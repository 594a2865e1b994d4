//! Statements.

ghost use Rattle.std.specs.Prelude.{◌≡◌, ◌∷◌, [], true};
ghost use Rattle.hc_cast.specs.declared.stmt.CStmt.TheVariants.{Switch};
ghost use Rattle.hc_clogic.specs.Cases as cases;
ghost use Rattle.hc_cbuild.specs.Names.{is_name};
ghost use Rattle.hc_cbuild.specs.Makes.{Makes};
ghost use Rattle.hc_cbuild.specs.Written as spec;

use crate::expressions::{less, local, number, sum};
use crate::names::word;
use hc_cast::{CCase, CExpr, CStmt, Primitive};
use hc_list::List;
use std::alloc::{AllocError, Global};

/// `name = value;`
pub fn set(name: &[u8], value: CExpr) -> CStmt
    requires { is_name name.now ≡ true }
    ensures { result ≡ spec.set name.now value }
{
    CStmt::Set {
        local: word(name),
        value,
    }
}

/// `name = n;`
pub fn set_number(name: &[u8], n: u32) -> CStmt
    requires { is_name name.now ≡ true }
    ensures { result ≡ spec.set_number name.now n }
{
    set(name, number(n))
}

/// `array[index] = value;`
pub fn store(array: &[u8], index: CExpr, value: CExpr) -> CStmt
    requires { is_name array.now ≡ true }
    ensures { result ≡ spec.store array.now index value }
{
    CStmt::Store {
        array: word(array),
        index,
        value,
    }
}

/// A call whose result, if there is one, no local takes.
pub fn call(callee: &[u8], arguments: List<CExpr>) -> CStmt
    requires { is_name callee.now ≡ true }
    ensures { result ≡ spec.call callee.now arguments }
{
    CStmt::Call {
        result: None,
        callee: word(callee),
        arguments,
    }
}

/// A call whose result a local takes.
pub fn take_call(name: &[u8], callee: &[u8], arguments: List<CExpr>) -> CStmt
    requires local { is_name name.now ≡ true }
    requires called { is_name callee.now ≡ true }
    ensures { result ≡ spec.take_call name.now callee.now arguments }
{
    CStmt::Call {
        result: Some(word(name)),
        callee: word(callee),
        arguments,
    }
}

/// A call of a primitive whose result, if there is one, no local takes.
pub fn prim(primitive: Primitive, arguments: List<CExpr>) -> CStmt
    ensures { result ≡ spec.prim primitive arguments }
{
    CStmt::Call {
        result: None,
        callee: primitive.name(),
        arguments,
    }
}

/// A call of a primitive whose result a local takes.
pub fn take_prim(name: &[u8], primitive: Primitive, arguments: List<CExpr>) -> CStmt
    requires { is_name name.now ≡ true }
    ensures { result ≡ spec.take_prim name.now primitive arguments }
{
    CStmt::Call {
        result: Some(word(name)),
        callee: primitive.name(),
        arguments,
    }
}

/// Statements that are done where a test holds.
pub fn if_then(test: CExpr, yes: List<CStmt>) -> CStmt
    ensures { result ≡ spec.if_then test yes }
{
    CStmt::If {
        test,
        yes,
        no: None,
    }
}

/// Statements that are done where a test holds, and others where it doesn't.
pub fn if_else(test: CExpr, yes: List<CStmt>, no: List<CStmt>) -> CStmt
    ensures { result ≡ spec.if_else test yes no }
{
    CStmt::If {
        test,
        yes,
        no: Some(no),
    }
}

/// Statements that are done as long as a test holds.
pub fn while_do(test: CExpr, body: List<CStmt>) -> CStmt
    ensures { result ≡ spec.while_do test body }
{
    CStmt::While { test, body }
}

/// `name = name + 1;`
pub fn count_up(alloc: Global, name: &[u8]) -> Result<CStmt, AllocError>
    requires { is_name name.now ≡ true }
    ensures { Makes result (spec.count_up name.now) }
{
    let next = sum(alloc, local(name), number(1))?;
    Ok(set(name, next))
}

/// A local counts on to `n`, with these statements for each number before.
pub fn count_to(
    alloc: Global,
    name: &[u8],
    n: u32,
    statements: List<CStmt>,
) -> Result<CStmt, AllocError>
    requires { is_name name.now ≡ true }
    ensures { Makes result (spec.count_to name.now n statements) }
{
    let test = less(alloc, local(name), number(n))?;
    let mut round = statements;
    round.push(count_up(alloc, name)?)?;
    Ok(while_do(test, round))
}

/// The case of a number, which ends by `break`.
pub fn case_of(n: u32, body: List<CStmt>) -> CCase
    ensures { result ≡ cases.case_of n body }
{
    CCase {
        number: i64::from(n),
        body,
    }
}

/// The first of the cases that has the number `on`, or else other statements.
pub fn switch(on: CExpr, cases: List<CCase>, otherwise: List<CStmt>) -> CStmt
    ensures { result ≡ Switch on cases otherwise }
{
    CStmt::Switch {
        on,
        cases,
        otherwise,
    }
}

/// `return value;`
pub fn return_value(value: CExpr) -> CStmt
    ensures { result ≡ spec.return_value value }
{
    CStmt::Return { value: Some(value) }
}

/// `return 0;`
pub fn return_zero() -> CStmt
    ensures { result ≡ spec.return_zero }
{
    return_value(number(0))
}

/// One statement, as a list.
pub fn single(alloc: Global, statement: CStmt) -> Result<List<CStmt>, AllocError>
    ensures { Makes result (statement ∷ []) }
{
    let mut found = List::new(alloc);
    found.push(statement)?;
    Ok(found)
}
= = =
# How to complete this task
From the line holding "result ≡ spec.return_zero" down to the last line of the records above, restate each line exactly as written.

# Result
    ensures { result ≡ spec.return_zero }
{
    return_value(number(0))
}

/// One statement, as a list.
pub fn single(alloc: Global, statement: CStmt) -> Result<List<CStmt>, AllocError>
    ensures { Makes result (statement ∷ []) }
{
    let mut found = List::new(alloc);
    found.push(statement)?;
    Ok(found)
}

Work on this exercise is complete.